PCIe and NVMe remain rapidly improving technologies, and it may not be long until HDD’s will only be considered an archival solution, much like tape storage today. Time shall tell what future horizons there are for block storage.

Block Storage and Cloud Architecture

Several considerations can be drawn from this cursory glance through block storage history within the context of cloud professionals.

First, and this goes for data storage in general, the lifespan of an organization’s data assets can often indicate how many protocols it has jumped through, failed to jump through, or been caught up in some weird in-between state.

This is especially the case with many on-premise data solutions or even earlier implementations of cloud block storage.

History and operations can shape organizational data in a number of ways that may not be obvious at first glance. As Peter Drucker notes, you cannot underestimate how long temporary solutions simply live on by default.

It is always important to ask oneself if the decisions that shaped technology or data solutions a certain way were primarily determined by constraints or requirements that no longer remain relevant, or if there is a true ghost in the past that may emerge if you disrupt the "way things have always been done here”.

Both are possible. This requires case-by-case judgment.

Second, interest in block storage does not seem to be going away anytime soon for IT professionals. If there is one consistency we can trace in this historical thread, it is that there has up until now been an intense interest and demand in optimizing and maximizing low-level data operations using block storage. Even as other data storage technologies wax and wane, block storage has been a consistent forerunner.

We can trace this to the fundamental advantages it has offered throughout history:

• It can offer high performance on random reads/writes (e.g. OLTP databases, queues)

• Because it is not concerned with metadata, block storage can use any filesystem and offers great flexibility for formatting, encryption, and partitioning.

• VM operating systems are strongly integrated with block volumes (e.g. AWS EBS, Azure Disk) to parallel standard computing orchestration. Block storage is a universally accepted, deeply integrated method for storage that can be transferred and migrated across a huge breadth of technology solutions (in contrast to much more opinionated storage methods such as key-value stores).

Third, here are some open-ended use case questions I will leave here that cloud professional could use to judge between various block storage solutions:

• Are the workload read/writes random or sequential? Is it more read intensive or write intensive? What are the latency requirements?

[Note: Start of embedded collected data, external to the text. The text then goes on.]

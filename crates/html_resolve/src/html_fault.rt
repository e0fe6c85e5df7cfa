use std::alloc::AllocError;

/// Why a specifier has no URL.
#[derive(Clone, Copy, Debug, PartialEq, Eq)]
pub enum HtmlFault {
    /// The address of the key that answers is null.
    Blocked,
    /// It is no URL, and no key applies to it.
    Bare,
    /// The URL leads out of the address of the key.
    Backtrack,
    /// What follows the key is no URL against the address of the key.
    BadRest,
    /// Want of memory.
    Memory,
}

impl From<AllocError> for HtmlFault {
    ghost use Rattle.std.specs.Prelude.{◌≡◌};
    ghost use Rattle.html_resolve.specs.declared.html_fault.HtmlFault.TheVariants.{Memory};

    ghost from_gives = { λ _ e. e ≡ Memory };

    fn from(_: AllocError) -> HtmlFault {
        HtmlFault::Memory
    }
}
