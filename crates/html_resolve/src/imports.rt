ghost use Rattle.std.specs.Prelude.{◌≡◌, List, ℕ, Option, length};
ghost use Rattle.std.specs.FinMap.{get};
ghost use Rattle.url_spec.specs.Parsing.{parse_against};
ghost use Rattle.url_spec.specs.Specifiers.{begins};
ghost use Rattle.import_map_spec.specs.Resolving.{takes_prefixes};
ghost use Rattle.import_map_spec.specs.LookUps.{exact_match, prefix_match, below_address, longest_front, prefix_key};
ghost use Rattle.import_map_spec.specs.LookUps.{resolve_imports_match};
ghost use Rattle.html_resolve.specs.Outcomes.{Finds, ComesTo};

use crate::HtmlFault;
use crate::fronts::next_front;
use map_parse::Addresses;
use std::alloc::Global;
use web_url::WebUrl;

/// What one module specifier map answers for a normalized specifier. Prefixes are tried where the last argument says
/// so.
#[tactic(auto, using(crate::proofs::OutcomeLemmas::outcomes))]
pub fn match_imports(
    alloc: Global,
    addresses: &Addresses,
    text: &str,
    prefixes: bool,
) -> Result<Option<WebUrl>, HtmlFault>
    ensures { (url : Option (List ℕ)) → takes_prefixes url ≡ prefixes
        → Finds result (resolve_imports_match url text.now (get addresses.now)) }
{
    match match_key(alloc, addresses, text)? {
        Some(found) => Ok(Some(found)),
        None => {
            if prefixes {
                match_prefixes(alloc, addresses, text)
            } else {
                Ok(None)
            }
        }
    }
}

// The key that is the specifier.
#[tactic(auto, using(crate::proofs::OutcomeLemmas::outcomes))]
fn match_key(alloc: Global, addresses: &Addresses, text: &str) -> Result<Option<WebUrl>, HtmlFault>
    ensures { Finds result (exact_match (get addresses.now text.now)) }
{
    match addresses.address(text) {
        None => Ok(None),
        Some(None) => Err(HtmlFault::Blocked),
        Some(Some(url)) => Ok(Some(url.to_url(alloc)?)),
    }
}

// The keys that are fronts of the specifier, from the longest to the shortest. Fronts that are longer than what keys
// have in common with the specifier are passed over.
#[tactic(auto, using(crate::proofs::OutcomeLemmas::outcomes))]
fn match_prefixes(
    alloc: Global,
    addresses: &Addresses,
    text: &str,
) -> Result<Option<WebUrl>, HtmlFault>
    ensures { Finds result (longest_front (prefix_key (get addresses.now)) text.now (length text.now)) }
{
    let mut limit = addresses.reach(text);
    while let Some(front) = next_front(text, limit) {
        match match_prefix(alloc, addresses, front.text, front.rest) {
            Err(fault) => return Err(fault),
            Ok(Some(found)) => return Ok(Some(found)),
            Ok(None) => {}
        }
        limit = addresses.reach(front.before);
    }
    Ok(None)
}

#[tactic(auto, using(crate::proofs::OutcomeLemmas::outcomes))]
fn match_prefix(
    alloc: Global,
    addresses: &Addresses,
    key: &str,
    rest: &str,
) -> Result<Option<WebUrl>, HtmlFault>
    ensures { Finds result (prefix_match (get addresses.now key.now) rest.now) }
{
    match addresses.address(key) {
        None => Ok(None),
        Some(None) => Err(HtmlFault::Blocked),
        Some(Some(address)) => {
            let address = address.to_url(alloc)?;
            Ok(Some(below(alloc, &address, rest)?))
        }
    }
}

// The URL of what follows a key, against the key's address.
#[tactic(auto, using(crate::proofs::OutcomeLemmas::below))]
fn below(alloc: Global, address: &WebUrl, rest: &str) -> Result<WebUrl, HtmlFault>
    ensures { ComesTo result (below_address address.now (parse_against address.now rest.now)) }
{
    match address.join(alloc, rest)? {
        None => Err(HtmlFault::BadRest),
        Some(url) => {
            if begins(url.as_str(), address.as_str()) {
                Ok(url)
            } else {
                Err(HtmlFault::Backtrack)
            }
        }
    }
}

#[tactic(auto, using(std::proofs::lemmas::Str::Pattern::starts_text))]
fn begins(text: &str, front: &str) -> bool
    ensures { result ≡ begins text.now front.now }
{
    text.starts_with(front)
}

• Does the workload need direct block device access (transactional databases and hypervisors do)?

• What are the consistency model and redundancy expectations?

• Is concurrent access a need for volumes, or is it acceptable for only one host to access a volume at a time?

• What are the capacity, scaling, and cost needs?

• What are the HA and Fault Tolerance requirements?

• What layers and forms of encryption are required for data at rest?

• How does it integrate with pre-existing hardware, systems, or data? How do your block storage choices align with the trajectory of organizational or industry technologies?

• What are the retention and migration SLA expectations?

• What levels of IT storage admin experience available and what maintenance overhead is acceptable or preferable for the business line?

Through all of this, it truly is a marvel that through the radical changes that have swept through computing, one thing that remains the same is that we are still reading from and writing to blocks at the end of the day.